[Listed records Boundary: Start]

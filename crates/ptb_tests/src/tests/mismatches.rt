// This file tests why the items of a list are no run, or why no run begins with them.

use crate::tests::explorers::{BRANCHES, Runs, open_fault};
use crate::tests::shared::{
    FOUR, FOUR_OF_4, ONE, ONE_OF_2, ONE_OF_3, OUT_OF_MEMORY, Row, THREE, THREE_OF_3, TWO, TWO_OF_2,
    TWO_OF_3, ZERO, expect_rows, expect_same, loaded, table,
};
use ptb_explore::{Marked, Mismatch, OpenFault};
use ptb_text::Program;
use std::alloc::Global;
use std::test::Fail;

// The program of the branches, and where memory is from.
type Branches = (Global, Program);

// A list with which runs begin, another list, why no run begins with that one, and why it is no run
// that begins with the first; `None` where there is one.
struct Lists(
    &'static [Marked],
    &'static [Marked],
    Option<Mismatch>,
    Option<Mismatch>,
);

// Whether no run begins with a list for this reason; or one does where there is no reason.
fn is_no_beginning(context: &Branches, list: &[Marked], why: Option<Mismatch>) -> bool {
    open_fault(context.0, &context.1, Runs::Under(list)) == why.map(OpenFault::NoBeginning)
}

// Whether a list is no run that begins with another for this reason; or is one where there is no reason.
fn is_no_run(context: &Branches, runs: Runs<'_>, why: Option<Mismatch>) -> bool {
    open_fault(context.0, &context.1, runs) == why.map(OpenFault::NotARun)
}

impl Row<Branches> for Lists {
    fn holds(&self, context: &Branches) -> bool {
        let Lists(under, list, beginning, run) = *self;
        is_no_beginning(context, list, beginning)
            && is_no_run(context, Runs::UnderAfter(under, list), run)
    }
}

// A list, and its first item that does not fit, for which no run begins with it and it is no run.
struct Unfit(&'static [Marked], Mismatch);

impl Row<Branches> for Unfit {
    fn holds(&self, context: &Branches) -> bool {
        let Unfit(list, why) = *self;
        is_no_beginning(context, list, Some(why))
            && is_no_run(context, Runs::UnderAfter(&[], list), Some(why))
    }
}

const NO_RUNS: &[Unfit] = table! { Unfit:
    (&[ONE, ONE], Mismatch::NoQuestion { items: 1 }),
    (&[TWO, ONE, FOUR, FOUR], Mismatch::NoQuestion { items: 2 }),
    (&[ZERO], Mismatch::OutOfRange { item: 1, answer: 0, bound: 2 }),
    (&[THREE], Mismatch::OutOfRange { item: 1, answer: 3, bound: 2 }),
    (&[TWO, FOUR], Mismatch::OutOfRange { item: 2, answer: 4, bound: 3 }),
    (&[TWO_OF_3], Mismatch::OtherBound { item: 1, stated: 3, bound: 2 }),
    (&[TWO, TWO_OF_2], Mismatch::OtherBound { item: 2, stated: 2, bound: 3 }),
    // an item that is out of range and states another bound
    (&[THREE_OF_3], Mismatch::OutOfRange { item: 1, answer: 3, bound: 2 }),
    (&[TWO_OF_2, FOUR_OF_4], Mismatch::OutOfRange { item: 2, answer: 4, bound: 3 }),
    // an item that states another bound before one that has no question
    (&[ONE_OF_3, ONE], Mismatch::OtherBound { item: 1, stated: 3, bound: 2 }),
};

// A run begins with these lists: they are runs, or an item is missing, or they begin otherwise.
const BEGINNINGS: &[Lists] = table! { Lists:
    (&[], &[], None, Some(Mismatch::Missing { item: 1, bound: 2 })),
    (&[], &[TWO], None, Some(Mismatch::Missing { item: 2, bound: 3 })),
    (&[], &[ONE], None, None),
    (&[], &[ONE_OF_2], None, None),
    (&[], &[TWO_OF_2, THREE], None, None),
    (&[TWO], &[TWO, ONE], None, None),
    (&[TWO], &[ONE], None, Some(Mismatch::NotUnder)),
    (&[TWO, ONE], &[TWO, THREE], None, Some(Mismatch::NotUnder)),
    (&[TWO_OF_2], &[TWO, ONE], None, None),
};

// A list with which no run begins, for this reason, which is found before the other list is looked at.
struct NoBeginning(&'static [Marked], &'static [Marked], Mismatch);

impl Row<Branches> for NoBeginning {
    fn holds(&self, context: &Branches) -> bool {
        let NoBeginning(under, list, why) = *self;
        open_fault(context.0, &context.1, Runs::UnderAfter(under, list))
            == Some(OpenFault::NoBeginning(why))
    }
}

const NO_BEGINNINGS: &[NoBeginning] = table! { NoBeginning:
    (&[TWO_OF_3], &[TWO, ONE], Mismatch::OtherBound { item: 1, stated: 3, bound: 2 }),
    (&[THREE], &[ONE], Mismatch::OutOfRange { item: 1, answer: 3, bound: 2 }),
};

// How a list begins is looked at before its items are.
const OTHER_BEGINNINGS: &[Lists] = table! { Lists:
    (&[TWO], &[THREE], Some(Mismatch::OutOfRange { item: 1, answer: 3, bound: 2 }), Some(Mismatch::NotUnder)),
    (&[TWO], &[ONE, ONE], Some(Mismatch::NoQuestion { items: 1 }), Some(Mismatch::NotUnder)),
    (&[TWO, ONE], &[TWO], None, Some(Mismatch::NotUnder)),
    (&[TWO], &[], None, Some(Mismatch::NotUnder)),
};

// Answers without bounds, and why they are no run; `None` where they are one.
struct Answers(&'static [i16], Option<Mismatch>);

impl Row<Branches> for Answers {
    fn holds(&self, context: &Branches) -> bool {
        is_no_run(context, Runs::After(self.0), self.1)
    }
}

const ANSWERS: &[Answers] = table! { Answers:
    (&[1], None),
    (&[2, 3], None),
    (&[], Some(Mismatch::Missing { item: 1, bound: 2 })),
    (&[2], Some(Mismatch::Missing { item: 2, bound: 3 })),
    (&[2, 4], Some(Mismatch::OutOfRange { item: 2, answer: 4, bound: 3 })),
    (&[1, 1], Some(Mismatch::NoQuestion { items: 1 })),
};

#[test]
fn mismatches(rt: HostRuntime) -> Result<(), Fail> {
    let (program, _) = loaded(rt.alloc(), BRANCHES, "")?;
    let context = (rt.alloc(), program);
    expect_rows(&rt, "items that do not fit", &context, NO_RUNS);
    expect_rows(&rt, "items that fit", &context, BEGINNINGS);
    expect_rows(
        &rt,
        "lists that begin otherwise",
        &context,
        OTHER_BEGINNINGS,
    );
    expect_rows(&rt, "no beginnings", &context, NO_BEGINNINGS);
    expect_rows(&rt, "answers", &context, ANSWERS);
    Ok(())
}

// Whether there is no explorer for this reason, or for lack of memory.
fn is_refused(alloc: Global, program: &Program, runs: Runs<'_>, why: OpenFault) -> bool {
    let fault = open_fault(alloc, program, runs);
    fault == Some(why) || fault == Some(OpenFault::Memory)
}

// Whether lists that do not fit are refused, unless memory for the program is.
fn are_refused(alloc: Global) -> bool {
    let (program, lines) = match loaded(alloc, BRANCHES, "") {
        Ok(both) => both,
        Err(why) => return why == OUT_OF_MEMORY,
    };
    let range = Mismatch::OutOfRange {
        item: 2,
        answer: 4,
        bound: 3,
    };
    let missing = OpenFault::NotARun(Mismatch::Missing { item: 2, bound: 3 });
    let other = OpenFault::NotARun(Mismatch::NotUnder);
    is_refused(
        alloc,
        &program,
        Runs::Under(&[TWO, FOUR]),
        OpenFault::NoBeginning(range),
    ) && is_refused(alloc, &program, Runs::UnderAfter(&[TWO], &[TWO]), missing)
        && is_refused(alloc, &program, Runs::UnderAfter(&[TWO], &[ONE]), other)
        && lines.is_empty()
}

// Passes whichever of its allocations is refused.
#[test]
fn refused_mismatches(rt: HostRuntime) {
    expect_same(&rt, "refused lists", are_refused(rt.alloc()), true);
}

[Listed records Boundary: End]

Could you restate word for word the lines above from the one containing "(&[ONE, ONE], Mismatch::NoQuestion" through the one containing "(&[TWO, FOUR], Mismatch::OutOfRange", both included, and nothing else?

__Exercise answer__:
    (&[ONE, ONE], Mismatch::NoQuestion { items: 1 }),
    (&[TWO, ONE, FOUR, FOUR], Mismatch::NoQuestion { items: 2 }),
    (&[ZERO], Mismatch::OutOfRange { item: 1, answer: 0, bound: 2 }),
    (&[THREE], Mismatch::OutOfRange { item: 1, answer: 3, bound: 2 }),
    (&[TWO, FOUR], Mismatch::OutOfRange { item: 2, answer: 4, bound: 3 }),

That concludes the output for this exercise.